A Coastal Walk from Otterton
One of my favourite shorter walks is the several miles of coastline between Ladram Bay and the mouth of the River Otter in east Devon, returning along the banks of the Otter to the attractive village of Otterton. Probably no more than seven miles in total, but with some glorious changes of scenery. If you are driving you can park free by Otterton village green if you get there first thing in the morning, which happens to be the best time to do this cracking ramble.
Walking up the village street, you fork left at the top – the lane leading to Sidmouth – and just past the bus turning bay a footpath heads uphill to the right. This used to be quite a wide green lane, but is now a narrower path. At the top of the first slope, it turns briefly to the left, then hard right uphill along the edge of a field. This is a good viewpoint, offering wide vistas over the east Devon heathlands, with the Iron Age hill fort of Woodbury Castle in the distance in one direction, and Mutter’s Moor and Peak Hill above Sidmouth in the other. At the head of the field, the path becomes enclosed again, exiting on to a country lane. Turn left along this for just a few yards, then right on to an unsurfaced track. Head along this, past a couple of modern houses to the next road junction, with some farm cottages nearby.
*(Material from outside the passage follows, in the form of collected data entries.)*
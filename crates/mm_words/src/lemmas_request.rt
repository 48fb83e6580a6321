//! What the words of `mm lemmas` ask for.

ghost use Rattle.std.specs.Prelude.{◌↔◌, List, IfOk, IfErr, IsTrue, codes, is_some, option_map};
ghost use Rattle.clap.specs.Words.{Text, found_of, rows_of};
ghost use Rattle.mm_words.specs.Words.{AreLemmasFlags, Asks, Commands, StandTogether};
ghost use Rattle.mm_words.specs.RefusedWords.{IsWordFault};

use crate::command_line::{ALL, COMMENT, FILES, LEAST, LEMMAS_USE, LIST, MOST, PREFIX};
use crate::lemma_file_request::lemma_file;
use crate::matches::{is_given, lack_of, optional_word, values_of};
use crate::numbers::number_behind;
use crate::request::Request;
use crate::stop::Stop;
use clap::ArgMatches;
use std::alloc::{AllocError, Global};

/// How many lemmas there are at most, where nothing is said.
const MOST_LEMMAS: usize = 100;

/// How many bytes each of them saves at least, where nothing is said.
const LEAST_BYTES: usize = 1;

/// Which flags of `lemmas` are given, and which words behind `--prefix` and `--comment`.
#[derive(Clone, Copy)]
struct LemmasFlags<'a> {
    list: bool,
    all: bool,
    prefix: Option<&'a str>,
    comment: Option<&'a str>,
}

/// Those in the matches of the command.
fn lemmas_flags<'a>(matches: &ArgMatches<'a>) -> LemmasFlags<'a>
    ensures { AreLemmasFlags (rows_of (found_of matches.now)) result.list result.all
        (option_map (λ word. word.now) result.prefix)
        (option_map (λ word. word.now) result.comment) }
{
    LemmasFlags {
        list: is_given(matches, LIST),
        all: is_given(matches, ALL),
        prefix: optional_word(matches, PREFIX),
        comment: optional_word(matches, COMMENT),
    }
}

/// Whether flags of `lemmas` stand beside each other: `--list` or `--all`, and `--prefix` and
/// `--comment` beside `--all` alone.
fn stand_together(list: bool, all: bool, prefix: bool, comment: bool) -> bool
    ensures { IsTrue result ↔ StandTogether list all prefix comment }
{
    match list {
        true => !all && !prefix && !comment,
        false => all,
    }
}

/// What is said of flags of `lemmas` that don't stand beside each other.
fn flags_apart(alloc: Global, list: bool) -> Result<String, AllocError> {
    if !list {
        return lack_of(alloc, "<--list|--all>", LEMMAS_USE);
    }
    format!(in alloc;
        "mm: --list and --all exclude each other, and --prefix and --comment stand beside --all
Usage: {LEMMAS_USE}
"
    )
}

/// What the matches of the command `lemmas` ask for.
pub(crate) fn lemmas_request<'a>(
    alloc: Global,
    matches: &ArgMatches<'a>,
) -> Result<Request<'a>, Stop<'a>>
    ensures request { IfOk result (λ request. (words : List Text)
        → Commands words (codes "lemmas") (rows_of (found_of matches.now))
        → Asks words request) }
    ensures fault { IfErr result (λ stop. (words : List Text)
        → Commands words (codes "lemmas") (rows_of (found_of matches.now))
        → IsWordFault words stop) }
{
    let words = values_of(alloc, matches, FILES)?;
    let flags = lemmas_flags(matches);
    let has_prefix = flags.prefix.is_some();
    let has_comment = flags.comment.is_some();
    if !stand_together(flags.list, flags.all, has_prefix, has_comment) {
        return Err(Stop::Usage(flags_apart(alloc, flags.list)?));
    }
    let most = number_behind(alloc, matches, MOST, MOST_LEMMAS)?;
    let least = number_behind(alloc, matches, LEAST, LEAST_BYTES)?;
    if flags.list {
        let command = mm_verdict::Command::Lemmas { most, least };
        return Ok(Request::Run {
            command,
            names: words,
        });
    }
    let asked = lemma_file(alloc, &words, flags.prefix, flags.comment, most, least)?;
    Ok(Request::LemmaFile(asked))
}
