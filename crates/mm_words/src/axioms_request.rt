//! What the words of `mm axioms` ask for.

ghost use Rattle.std.specs.Prelude.{◌≢◌, ◌↔◌, ◌∷◌, [], List, IfOk, IfErr, IsTrue, false};
ghost use Rattle.std.specs.Prelude.{is_some, codes, option_map};
ghost use Rattle.clap.specs.Words.{Text, found_of, rows_of};
ghost use Rattle.mm_words.specs.Words.{AreAxiomsFlags, Asks, AsksAbout, AsksAxioms, ToStandsAlone};
ghost use Rattle.mm_words.specs.Words.{Commands};
ghost use Rattle.mm_words.specs.RefusedWords.{IsWordFault};

use crate::command_line::{ALL, AXIOMS_USE, ESSENTIAL, FILES, TO};
use crate::matches::{is_given, label_and_names, optional_word, values_of};
use crate::request::Request;
use crate::stop::Stop;
use clap::ArgMatches;
use mm_step::Profile;
use mm_verdict::{Question, WholeQuestion};
use std::alloc::Global;

/// Which flags of `axioms` are given, and the word behind `--to`.
#[derive(Clone, Copy)]
struct AxiomsFlags<'a> {
    all: bool,
    essential: bool,
    to: Option<&'a str>,
}

/// Those in the matches of the command.
fn axioms_flags<'a>(matches: &ArgMatches<'a>) -> AxiomsFlags<'a>
    ensures { AreAxiomsFlags (rows_of (found_of matches.now)) result.all result.essential
        (option_map (λ label. label.now) result.to) }
{
    AxiomsFlags {
        all: is_given(matches, ALL),
        essential: is_given(matches, ESSENTIAL),
        to: optional_word(matches, TO),
    }
}

/// Whether `--to` is given without the other flags of `axioms`, if it is.
fn to_stands_alone(all: bool, essential: bool, to: bool) -> bool
    ensures { IsTrue result ↔ ToStandsAlone all essential to }
{
    match to {
        true => !all && !essential,
        false => true,
    }
}

/// The question that the flags ask about a theorem; behind `--to` stands another label.
fn axioms_question<'a>(essential: bool, to: Option<&'a str>) -> Question<'a>
    ensures { (words names : List Text) (label : Text)
        → ToStandsAlone false essential (is_some to.entry)
        → AsksAxioms words false essential (option_map (λ other. other.now) to.entry)
        (label ∷ names)
        → names ≢ [] → AsksAbout words label result names }
{
    match to {
        Some(other) => Question::Chain(other.as_bytes()),
        None => Question::Axioms { essential },
    }
}

/// What the matches of the command `axioms` ask for: with `--all` each word names a file, else the
/// first is a label.
pub(crate) fn axioms_request<'a>(
    alloc: Global,
    matches: &ArgMatches<'a>,
) -> Result<Request<'a>, Stop<'a>>
    ensures request { IfOk result (λ request. (words : List Text)
        → Commands words (codes "axioms") (rows_of (found_of matches.now))
        → Asks words request) }
    ensures fault { IfErr result (λ stop. (words : List Text)
        → Commands words (codes "axioms") (rows_of (found_of matches.now))
        → IsWordFault words stop) }
{
    let words = values_of(alloc, matches, FILES)?;
    let flags = axioms_flags(matches);
    if !to_stands_alone(flags.all, flags.essential, flags.to.is_some()) {
        return Err(Stop::Usage(format!(in alloc;
            "mm: --to excludes --all and --essential\nUsage: {AXIOMS_USE}\n"
        )?));
    }
    if flags.all {
        let command = mm_verdict::Command::Whole {
            profile: Profile::Lenient,
            question: WholeQuestion::Axioms {
                essential: flags.essential,
            },
        };
        return Ok(Request::Run {
            command,
            names: words,
        });
    }
    let (label, names) = label_and_names(alloc, &words, AXIOMS_USE)?;
    let command = mm_verdict::Command::About {
        label: label.as_bytes(),
        question: axioms_question(flags.essential, flags.to),
    };
    Ok(Request::Run { command, names })
}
Turn left here and follow the lane and then path until the South West Coastal Path is reached. Then it is just a question of turning right through a shooting gate and following the coast path until the estuary of the River Otter is reached, with the genteel resort of Budleigh Salterton on the far bank. Along the way you pass the ruins of a World War II weapons training building, an evocative reminder of Britain in the front line. Brandy Head itself tells us that this was very much a smuggling coast, used by the famous smuggler Jack Rattenbury of Beer, and Ambrose Stapleton, the smuggling vicar of nearby East Budleigh.
The coast path winds inland above the estuary of the River Otter, before coming out on to a lane, by the entrance to a farm. Keep left, crossing the river at White Bridge. There are usually fish to see in its waters, and a great deal of water fowl at the right times of the year. Just after the bridge, turn right through a gate and follow the river upstream all the way to Otterton.
Not many centuries ago, the Otter was navigable all the way up to the old port of Budley Haven, below the present East Budleigh. The young Walter Raleigh, who was born not far away, probably encountered his first-going ships here.
I always find this a delightful walk and have completed it in all seasons of the year and even at night. It is best done on windless days as otherwise you will battle in exposed places against prevailing south westerly’s. There is usually a lot of birds to see and there is a hide by the Otter estuary. Enjoy!